(23rd Sunday in Ordinary Time, B)
I’ve been here with you over two years now, and so I’ve fallen into various regular patterns of life, like what I might do on a day off, for example. Sometimes on a day off I like to take a walk down to St. Mary’s. I like that church very much, and I can make a visit to the Blessed Sacrament, or maybe go to confession or attend the midday Mass. Then I walk back down the Square, have a couple of tacos, and then get on the #2 or the #6 bus and come home. I know; I lead a pretty boring life.
So one day a couple of months ago I was walking down Park Avenue on my way to St. Mary’s. I had just crossed Lake Avenue when I noticed a funeral procession emerging from Whalen & Ball. That’s when I remembered there was to be a funeral here at Sacred Heart morning, so I paused in my walk there on the corner of Park and Lake to pray for the deceased and the mourners as the procession passed. Now I don’t know what happened, but something went wrong in the intersection: somebody got cut off; I wasn’t sure. But whatever happened, one of the mourners, with his car windows down no less, started cursing another driver pretty forcefully. I mean, it was pretty bad—the sort of thing you might expect to hear hanging out with drunken merchant marines, but not from someone on his way to Holy Mass. As I stood there, and as I continued my walk, I began to reflect on how there was a good chance that this man would soon be receiving Holy Communion with that same foul and cursing tongue.
Now, it’s sad, and it reveals something of the terrible sickness of irreverence for the Sacraments that afflicts us as a Catholic culture, but it also reveals something about God. Jesus is willing to be received by sinners; he allows himself to be placed on the same tongue that indulged such useless and self-destructive passion as that man displayed that morning. In this, and in the Holy Communion we receive, Jesus is the fulfillment of the promise we hear today in the prophet Isaiah, “Here is your God…he comes to save you.”

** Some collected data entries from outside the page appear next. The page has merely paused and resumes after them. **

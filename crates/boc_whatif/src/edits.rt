// Edits of rows, made one after the other.

ghost use Rattle.std.specs.Prelude.{◌≡◌, ◌<◌, ◌↔◌, length, IfErr, IsTrue, OnErr, OnOk};
ghost use Rattle.boc_runs.specs.Rows.{IsLast, IsRows};
ghost use Rattle.boc_runs.specs.Changes.{FitsAt};
ghost use Rattle.boc_runs.specs.Siblings.{AreSiblings};
ghost use Rattle.boc_plans.specs.declared.edit.Change.TheVariants.{Cost, Offset, Ticks};
ghost use Rattle.boc_plans.specs.Edits.{IsChangeFault, IsChanged, IsEditFault};
ghost use Rattle.boc_sweep.specs.Lasts.{HasLasts};
ghost use Rattle.boc_whatif.specs.Asked.{HasMade};

use boc_plans::edit::{Change, Edit, EditFault, Part};
use boc_program::limits::MOST_TICKS;
use boc_runs::rows::{Row, Rows};
use boc_runs::siblings::Siblings;
use boc_sweep::least_ticks;
use thiserror::Error;

/// The first of some edits that the rows can't take.
#[derive(Clone, Copy, PartialEq, Eq, Debug, Error)]
#[error("edit {number}: {fault}")]
pub struct Unfit {
    /// Its number, counted from 1.
    pub number: usize,
    /// Why the rows can't take it, as the edits before it have made them.
    pub fault: EditFault,
}

// Returns whether a row other than main can be spawned at this tick of its parent.
fn can_stand_at(rows: &[Row], siblings: &Siblings, row: usize, offset: u32) -> bool
    requires shape { IsRows rows.now }
    requires siblings { AreSiblings rows.now siblings.now }
    requires child { 0 < row }
    requires there { row < length rows.now }
    ensures { IsTrue result ↔ FitsAt rows.now row offset }
{
    let parent = rows[row].parent as usize;
    // Main, whose offset is 0, stands for the earlier sibling of a row without one.
    let elder = siblings.elder(row);
    if offset <= rows[elder].offset || rows[parent].ticks < offset {
        return false;
    }
    let younger = siblings.younger(row);
    younger >= rows.len() || offset < rows[younger].offset
}

// Returns the offset of a row's last child, and 0 where it has none.
fn last_child(rows: &[Row], siblings: &Siblings, parent: usize) -> u32
    requires shape { IsRows rows.now }
    requires siblings { AreSiblings rows.now siblings.now }
    requires there { parent < length rows.now }
    ensures { IsLast rows.now (length rows.now) parent result }
{
    // Main, whose offset is 0, stands for the child of a row without one.
    rows[siblings.last_child(parent)].offset
}

// Has a row take this many ticks.
fn set_ticks(rows: &mut Rows, lasts: &[u32], row: u32, ticks: u32) -> Result<(), EditFault>
    requires there { row < length rows.old }
    requires lasts { HasLasts rows.old lasts.now }
    ensures made { OnOk result (IsChanged rows.old row (Ticks ticks) rows.new) }
    ensures lasts { HasLasts rows.new lasts.now }
    ensures fault { IfErr result (IsChangeFault rows.old row (Ticks ticks)) }
    ensures stays { OnErr result (rows.new ≡ rows.old) }
{
    if ticks < least_ticks(lasts[row as usize]) {
        Err(EditFault::BelowSpawn)
    } else if ticks > MOST_TICKS {
        Err(EditFault::TooManyTicks)
    } else {
        rows.set_ticks(row, ticks);
        Ok(())
    }
}

// Has a row be spawned at this tick of its parent.
fn set_offset(
    rows: &mut Rows,
    lasts: &mut [u32],
    siblings: &Siblings,
    row: u32,
    offset: u32,
) -> Result<(), EditFault>
    requires there { row < length rows.old }
    requires lasts { HasLasts rows.old lasts.old }
    requires siblings { AreSiblings rows.old siblings.now }
    ensures made { OnOk result (IsChanged rows.old row (Offset offset) rows.new) }
    ensures lasts { HasLasts rows.new lasts.new }
    ensures fault { IfErr result (IsChangeFault rows.old row (Offset offset)) }
    ensures stays { OnErr result (rows.new ≡ rows.old) }
{
    if row == 0 {
        return Err(EditFault::NoParent);
    }
    if !can_stand_at(rows.as_slice(), siblings, row as usize, offset) {
        return Err(EditFault::NotBetween);
    }
    let parent = rows.as_slice()[row as usize].parent as usize;
    rows.set_offset(row, offset);
    lasts[parent] = last_child(rows.as_slice(), siblings, parent);
    Ok(())
}

// Has a row cost a part of what it did.
fn set_cost(
    rows: &mut Rows,
    lasts: &mut [u32],
    siblings: &Siblings,
    row: u32,
    part: Part,
) -> Result<(), EditFault>
    requires there { row < length rows.old }
    requires lasts { HasLasts rows.old lasts.old }
    requires siblings { AreSiblings rows.old siblings.now }
    ensures made { OnOk result (IsChanged rows.old row (Cost part) rows.new) }
    ensures lasts { HasLasts rows.new lasts.new }
    ensures fault { IfErr result (IsChangeFault rows.old row (Cost part)) }
    ensures stays { OnErr result (rows.new ≡ rows.old) }
{
    if !rows.scale(row, part.over(), part.under(), siblings) {
        return Err(EditFault::TooManyTicks);
    }
    lasts[row as usize] = last_child(rows.as_slice(), siblings, row as usize);
    Ok(())
}

/// Makes an edit. The fault says why it can't be made, and then nothing changes. It takes time that grows with the row's children.
pub fn make(
    rows: &mut Rows,
    lasts: &mut [u32],
    siblings: &Siblings,
    edit: Edit,
) -> Result<(), EditFault>
    requires lasts { HasLasts rows.old lasts.old }
    requires siblings { AreSiblings rows.old siblings.now }
    ensures made { OnOk result (IsChanged rows.old edit.row edit.change rows.new) }
    ensures lasts { HasLasts rows.new lasts.new }
    ensures fault { IfErr result (IsEditFault rows.old edit) }
    ensures stays { OnErr result (rows.new ≡ rows.old) }
{
    let Edit { row, change } = edit;
    if row as usize >= rows.as_slice().len() {
        return Err(EditFault::NoRow);
    }
    match change {
        Change::Ticks(ticks) => set_ticks(rows, lasts, row, ticks),
        Change::Offset(offset) => set_offset(rows, lasts, siblings, row, offset),
        Change::Cost(part) => set_cost(rows, lasts, siblings, row, part),
    }
}

/// Makes the edits, one after the other, up to the first that the rows can't take. Answers the lowest row that was edited next to it;
/// where none was, the number of rows.
pub fn make_all(
    rows: &mut Rows,
    lasts: &mut [u32],
    siblings: &Siblings,
    edits: &[Edit],
) -> (usize, Result<(), Unfit>)
    requires lasts { HasLasts rows.old lasts.old }
    requires siblings { AreSiblings rows.old siblings.now }
    ensures made { HasMade rows.old edits.now rows.new result.0 result.1 }
    ensures lasts { HasLasts rows.new lasts.new }
{
    let mut from = rows.as_slice().len();
    for (index, edit) in edits.iter().enumerate() {
        if let Err(fault) = make(rows, lasts, siblings, *edit) {
            let number = index + 1;
            return (from, Err(Unfit { number, fault }));
        }
        from = from.min(edit.row as usize);
    }
    (from, Ok(()))
}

Are we so different from the foul-mouthed, angry man I encountered that morning on the corner of Park and Lake? I know I’m not. In fact, it seems to me that a very large proportion of our day-to-day sinning we do with our voices and our tongues. Gossip, bochinche, detraction, calumny, foul or unchaste words—all of these sins flourish in our workplaces and our neighborhoods. When we commit them, we aren’t much different either from the man with the speech impediment in the gospel today, because whenever we fail to use our voices for the prayer, praise, and “good things people need to hear” as Ephesians 4:29 puts it, we impede the grace of God in the world. That we have these voices by which we speak is an aspect of our creation in the image and likeness of God, who from all eternity speaks the Eternal Word Who becomes flesh for our salvation in Jesus Christ. We are created to imitate our Creator, and our voices are no exception. They are meant to be voices that speak God’s words and breathe forth God’s kindness and gentleness in the world.
As Jesus gave his healing touch to the man in the gospel and healed his speech impediment, so he also touches our tongues today in Holy Communion. Let us hear the prayer of the Lord for us: “Be opened!” Let us allow the healing touch of Christ open our voices to let go of whatever sin we commit with them, and become channels for the Word of God to enter the world, voices of prayer, praise, and the “good things people need to hear.”
4 comments:
Br. Charles,
Thank you for this very convicting homily. While I don't go around using the Lord's name in vain and do not make use of profanity as standard vocabulary, I certainly do have some of those other speech impediments you mentioned.
Thanks and God bless!
"He loved to curse; let curses come on him. He did not like blessing; may it be far from him." Psalm 109:17
This is wonderful! I would never have considered gossip and calumny to be a speech impediment, but you are right, I need Jesus to spit a little and heal me of that! Thanks for this great post!
How good the Lord is, in letting me fall into one of these sins already today, when I still have to preach! Good opportunities for humility I have.